▸ **TRY IT**
Your response should match the records line for line.
+ + + + +
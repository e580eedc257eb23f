//! The tables of all switches.
ghost use Rattle.std.specs.Prelude.{◌≡◌, ◌<◌, ◌++◌, [], length, map, replicate, slice_get, Some, IfOk, OnOk};
ghost use Rattle.std.specs.Borrow.{sem};
ghost use Rattle.flow_rules.specs.Lending.{LendsTable};
ghost use Rattle.flow_rules.specs.Tables.{rules_of_all, table_blocks};

use crate::rules::Rule;
use crate::tables::Table;
use net_base::{Memory, Prefix, SwitchId};
use std::alloc::Global;
use std::marker::Model;

/// One table per switch.
#[derive(Drop)]
pub struct Config {
    tables: Vec<Table>,
}

impl Model for Config {
    ghost use Rattle.std.specs.Prelude.{List};
    ghost use Rattle.flow_rules.specs.Tables.{TableState};

    ghost Value = { List TableState };

    ghost view = { λ c. c.tables.items };
}

/// So many tables without rules.
fn empty_tables(alloc: Global, switches: u32) -> Result<Vec<Table>, Memory>
    ensures { IfOk result (λ v. rules_of_all v.items ≡ replicate switches []) }
{
    let mut tables = Vec::new(alloc);
    for _switch in 0..switches {
        tables.push(Table::make(alloc)?)?;
    }
    Ok(tables)
}

/// Tables with the same rules.
fn copies_of(alloc: Global, tables: &[Table]) -> Result<Vec<Table>, Memory>
    ensures { IfOk result (λ v. rules_of_all v.items ≡ rules_of_all tables.now) }
{
    let mut copies = Vec::new(alloc);
    for table in tables {
        copies.push(table.copy()?)?;
    }
    Ok(copies)
}

/// Adds the prefixes of the rules.
fn add_prefixes(prefixes: &mut Vec<Prefix>, rules: &[Rule]) -> Result<(), Memory>
    ensures { OnOk result (prefixes.new.items
        ≡ prefixes.old.items ++ map (λ r. r.key.pattern.dst) rules.now) }
{
    for rule in rules {
        prefixes.push(rule.key.pattern.dst)?;
    }
    Ok(())
}

/// The prefixes of the rules of all tables.
fn prefixes_of(alloc: Global, tables: &[Table]) -> Result<Vec<Prefix>, Memory>
    ensures { IfOk result (λ v. v.items ≡ table_blocks (rules_of_all tables.now)) }
{
    let mut prefixes = Vec::new(alloc);
    for table in tables {
        add_prefixes(&mut prefixes, table.rules())?;
    }
    Ok(prefixes)
}

impl Config {
    /// A table without rules for each of so many switches.
    pub fn make(alloc: Global, switches: u32) -> Result<Config, Memory>
        ensures tables { IfOk result (λ c. rules_of_all c ≡ replicate switches []) }
        ensures count { IfOk result (λ c. length c ≡ switches) }
    {
        let tables = empty_tables(alloc, switches)?;
        Ok(Config { tables })
    }

    /// The prefixes of the rules, table by table and in each table in its order.
    pub fn prefixes(&self) -> Result<Vec<Prefix>, Memory>
        ensures { IfOk result (λ v. v.items ≡ table_blocks (rules_of_all self.now)) }
    {
        prefixes_of(*self.tables.allocator(), self.tables.as_slice())
    }

    /// How many tables there are.
    pub fn count(&self) -> usize
        ensures { result ≡ length self.now }
    {
        self.tables.len()
    }

    /// The table of a switch.
    pub fn table(&self, switch: SwitchId) -> &Table
        requires { switch.0 < length self.now }
        ensures { slice_get self.now switch.0 ≡ Some result.now }
    {
        &self.tables[switch.0 as usize]
    }

    /// The table of a switch, to change it.
    pub fn table_mut(&mut self, switch: SwitchId) -> &mut Table
        requires { switch.0 < length self.old }
        ensures value { slice_get self.old switch.0 ≡ Some result.now }
        ensures* writes_back { sem 𝓛 (LendsTable self.entry switch.0 result) }
    {
        &mut self.tables[switch.0 as usize]
    }

    /// Has look-ups in each table search by the kinds of patterns, until its rules change. Takes time by the rules. Where
    /// memory is wanting, the first tables alone are indexed.
    pub fn index(&mut self) -> Result<(), Memory>
        ensures { self.new ≡ self.old }
    {
        for i in 0..self.tables.len() {
            self.tables[i].index()?;
        }
        Ok(())
    }

    /// Tables with the same rules.
    pub fn copy(&self) -> Result<Config, Memory>
        ensures { IfOk result (λ c. rules_of_all c ≡ rules_of_all self.now) }
    {
        let tables = copies_of(*self.tables.allocator(), &self.tables)?;
        Ok(Config { tables })
    }
}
+ + + + +
▸ **FINISHED EXERCISE**
repository e580eedc257eb23f
//! The tables of all switches.
ghost use Rattle.std.specs.Prelude.{◌≡◌, ◌<◌, ◌++◌, [], length, map, replicate, slice_get, Some, IfOk, OnOk};
ghost use Rattle.std.specs.Borrow.{sem};
ghost use Rattle.flow_rules.specs.Lending.{LendsTable};
ghost use Rattle.flow_rules.specs.Tables.{rules_of_all, table_blocks};

use crate::rules::Rule;
use crate::tables::Table;
use net_base::{Memory, Prefix, SwitchId};
use std::alloc::Global;
use std::marker::Model;

/// One table per switch.
#[derive(Drop)]
pub struct Config {
    tables: Vec<Table>,
}

impl Model for Config {
    ghost use Rattle.std.specs.Prelude.{List};
    ghost use Rattle.flow_rules.specs.Tables.{TableState};

    ghost Value = { List TableState };

    ghost view = { λ c. c.tables.items };
}

/// So many tables without rules.
fn empty_tables(alloc: Global, switches: u32) -> Result<Vec<Table>, Memory>
    ensures { IfOk result (λ v. rules_of_all v.items ≡ replicate switches []) }
{
    let mut tables = Vec::new(alloc);
    for _switch in 0..switches {
        tables.push(Table::make(alloc)?)?;
    }
    Ok(tables)
}

/// Tables with the same rules.
fn copies_of(alloc: Global, tables: &[Table]) -> Result<Vec<Table>, Memory>
    ensures { IfOk result (λ v. rules_of_all v.items ≡ rules_of_all tables.now) }
{
    let mut copies = Vec::new(alloc);
    for table in tables {
        copies.push(table.copy()?)?;
    }
    Ok(copies)
}

/// Adds the prefixes of the rules.
fn add_prefixes(prefixes: &mut Vec<Prefix>, rules: &[Rule]) -> Result<(), Memory>
    ensures { OnOk result (prefixes.new.items
        ≡ prefixes.old.items ++ map (λ r. r.key.pattern.dst) rules.now) }
{
    for rule in rules {
        prefixes.push(rule.key.pattern.dst)?;
    }
    Ok(())
}

/// The prefixes of the rules of all tables.
fn prefixes_of(alloc: Global, tables: &[Table]) -> Result<Vec<Prefix>, Memory>
    ensures { IfOk result (λ v. v.items ≡ table_blocks (rules_of_all tables.now)) }
{
    let mut prefixes = Vec::new(alloc);
    for table in tables {
        add_prefixes(&mut prefixes, table.rules())?;
    }
    Ok(prefixes)
}

impl Config {
    /// A table without rules for each of so many switches.
    pub fn make(alloc: Global, switches: u32) -> Result<Config, Memory>
        ensures tables { IfOk result (λ c. rules_of_all c ≡ replicate switches []) }
        ensures count { IfOk result (λ c. length c ≡ switches) }
    {
        let tables = empty_tables(alloc, switches)?;
        Ok(Config { tables })
    }

    /// The prefixes of the rules, table by table and in each table in its order.
    pub fn prefixes(&self) -> Result<Vec<Prefix>, Memory>
        ensures { IfOk result (λ v. v.items ≡ table_blocks (rules_of_all self.now)) }
    {
        prefixes_of(*self.tables.allocator(), self.tables.as_slice())
    }

    /// How many tables there are.
    pub fn count(&self) -> usize
        ensures { result ≡ length self.now }
    {
        self.tables.len()
    }

    /// The table of a switch.
    pub fn table(&self, switch: SwitchId) -> &Table
        requires { switch.0 < length self.now }
        ensures { slice_get self.now switch.0 ≡ Some result.now }
    {
        &self.tables[switch.0 as usize]
    }

    /// The table of a switch, to change it.
    pub fn table_mut(&mut self, switch: SwitchId) -> &mut Table
        requires { switch.0 < length self.old }
        ensures value { slice_get self.old switch.0 ≡ Some result.now }
        ensures* writes_back { sem 𝓛 (LendsTable self.entry switch.0 result) }
    {
        &mut self.tables[switch.0 as usize]
    }

    /// Has look-ups in each table search by the kinds of patterns, until its rules change. Takes time by the rules. Where
    /// memory is wanting, the first tables alone are indexed.
    pub fn index(&mut self) -> Result<(), Memory>
        ensures { self.new ≡ self.old }
    {
        for i in 0..self.tables.len() {
            self.tables[i].index()?;
        }
        Ok(())
    }

    /// Tables with the same rules.
    pub fn copy(&self) -> Result<Config, Memory>
        ensures { IfOk result (λ c. rules_of_all c ≡ rules_of_all self.now) }
    {
        let tables = copies_of(*self.tables.allocator(), &self.tables)?;
        Ok(Config { tables })
    }
}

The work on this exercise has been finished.